Problem statement:
Report, as a bare number, how many lines in the data contain "unescaped".

*** Source records Section Begins ***

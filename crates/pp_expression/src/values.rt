//! The values of tokens that are operands by themselves.
ghost use Rattle.std.specs.Prelude.{◌≡◌, ◌<◌, ◌≤◌, ◌∷◌, ◌++◌, length, IfOk, MatchOption, Some, string_bytes};
ghost use Rattle.pp_syntax.specs.declared.tree.Form.TheVariants as form;
ghost use Rattle.pp_syntax.specs.TokenValues.{sq_value, sq_escaped};
ghost use Rattle.std.specs.Option.{option_map};
ghost use Rattle.pp_syntax.specs.Tokens.{int_value};
ghost use Rattle.pp_readers.specs.Parsed.{Gives};
ghost use Rattle.pp_readers.specs.Values.{literal, number, behind_byte, before_quote, sq, name_of, int_form, atom, HasNoBackslash};

use pp_readers::Misread;
use pp_syntax::{Form, Kind, int_value};
use rh_base::{NoMemory, Text};
use std::alloc::{AllocError, Global};

/// A copy of a text.
pub fn text_of(alloc: Global, text: &str) -> Result<Text, NoMemory>
    ensures { IfOk result (λ t. t ≡ text.now) }
{
    let mut copy = Text::new(alloc);
    copy.push(text)?;
    Ok(copy)
}

fn literal(text: &str) -> Option<Form>
    ensures { result ≡ literal text.now }
{
    if text == "true" {
        Some(Form::Bool(true))
    } else if text == "false" {
        Some(Form::Bool(false))
    } else if text == "undef" {
        Some(Form::Undef)
    } else {
        None
    }
}

/// What is left behind this ASCII character.
pub(crate) fn behind(text: &str, c: char) -> Option<&str>
    requires { c < 128 }
    ensures { option_map (λ r. r.now) result ≡ behind_byte c text.now }
{
    text.strip_prefix(c)
}

fn before_quote(text: &str) -> Option<&str>
    ensures { option_map (λ r. r.now) result ≡ before_quote text.now }
{
    text.strip_suffix('\'')
}

/// The name of a variable.
pub fn name_of(alloc: Global, index: usize, text: &str) -> Result<Text, Misread>
    ensures { Gives (λ t. t) result (name_of text.now) }
{
    let name = behind(text, '$').ok_or(Misread::Form(index))?;
    Ok(text_of(alloc, name)?)
}

fn variable(alloc: Global, index: usize, text: &str) -> Result<Form, Misread>
    ensures { Gives (λ t. t) result (option_map form.Var (name_of text.now)) }
{
    Ok(Form::Var(name_of(alloc, index, text)?))
}

fn word(alloc: Global, text: &str) -> Result<Form, Misread>
    ensures { Gives (λ t. t) result (Some (form.Str text.now)) }
{
    Ok(Form::Str(text_of(alloc, text)?))
}

fn single(alloc: Global, index: usize, text: &str) -> Result<Form, Misread>
    ensures { Gives (λ t. t) result (option_map form.Str (sq text.now)) }
{
    Ok(Form::Str(sq(alloc, index, text)?))
}

/// The form of a token that is an operand by itself.
pub fn atom(alloc: Global, index: usize, kind: Kind, text: &str) -> Result<Form, Misread>
    ensures { Gives (λ f. f) result (atom kind text.now) }
{
    match kind {
        Kind::Int => int_form(text).ok_or(Misread::Form(index)),
        Kind::Sq => single(alloc, index, text),
        Kind::Word => word(alloc, text),
        Kind::Var => variable(alloc, index, text),
        Kind::Keyword => literal(text).ok_or(Misread::Form(index)),
        _ => Err(Misread::Form(index)),
    }
}

fn int_form(text: &str) -> Option<Form>
    ensures { result ≡ int_form text.now }
{
    match int_value(text.as_bytes()) {
        Some(value) => Some(Form::Int(value as i64)),
        None => None,
    }
}

/// The number that an INT stands for, if it fits 64 bits with a sign.
pub fn number(text: &str) -> Option<i64>
    ensures { result ≡ number text.now }
{
    match int_value(text.as_bytes()) {
        Some(value) => Some(value as i64),
        None => None,
    }
}

/// What stands before the first backslash, and behind it.
pub(crate) fn cut(text: &str) -> Option<(&str, &str)>
    ensures { MatchOption result (HasNoBackslash text.now) (λ x. (text.now ≡ x.0.now ++ 92 ∷ x.1.now)
        × HasNoBackslash x.0.now × (length x.1.now < length text.now)) }
{
    text.split_once('\\')
}

/// The character that a backslash before this text stands for, and what is behind its escape.
fn escape_sq(text: &str) -> (char, &str)
    ensures value { sq_escaped text.now ≡ result.0 ∷ sq_value result.1.now }
    ensures ascii { result.0 < 128 }
    ensures shorter { length result.1.now ≤ length text.now }
{
    if let Some(rest) = behind(text, '\\') {
        ('\\', rest)
    } else if let Some(rest) = behind(text, '\'') {
        ('\'', rest)
    } else {
        ('\\', text)
    }
}

/// The value of what stands between single quotes.
#[tactic(auto, using(pp_readers::proofs::Escapes::one_escape, pp_readers::proofs::Escapes::at_end))]
fn unescaped(alloc: Global, raw: &str) -> Result<String, AllocError>
    ensures { IfOk result (λ s. string_bytes s ≡ sq_value raw.now) }
{
    let mut value = String::new(alloc);
    let mut rest = raw;
    while let Some((front, tail)) = cut(rest) {
        value.push_str(front)?;
        let (c, more) = escape_sq(tail);
        value.push(c)?;
        rest = more;
    }
    value.push_str(rest)?;
    Ok(value)
}

/// The value of a text with its single quotes.
#[tactic(auto, unfolding(pp_readers::specs::Values::sq))]
pub fn sq(alloc: Global, index: usize, text: &str) -> Result<Text, Misread>
    ensures { Gives (λ t. t) result (sq text.now) }
{
    let rest = behind(text, '\'').ok_or(Misread::Form(index))?;
    let raw = before_quote(rest).ok_or(Misread::Form(index))?;
    sq_of(alloc, raw)
}

fn sq_of(alloc: Global, raw: &str) -> Result<Text, Misread>
    ensures { Gives (λ t. t) result (Some (sq_value raw.now)) }
{
    match unescaped(alloc, raw) {
        Ok(value) => Ok(Text::from_string(value)),
        Err(_) => Err(Misread::Memory(NoMemory)),
    }
}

*** Source records Section Ends ***

Written solution:
2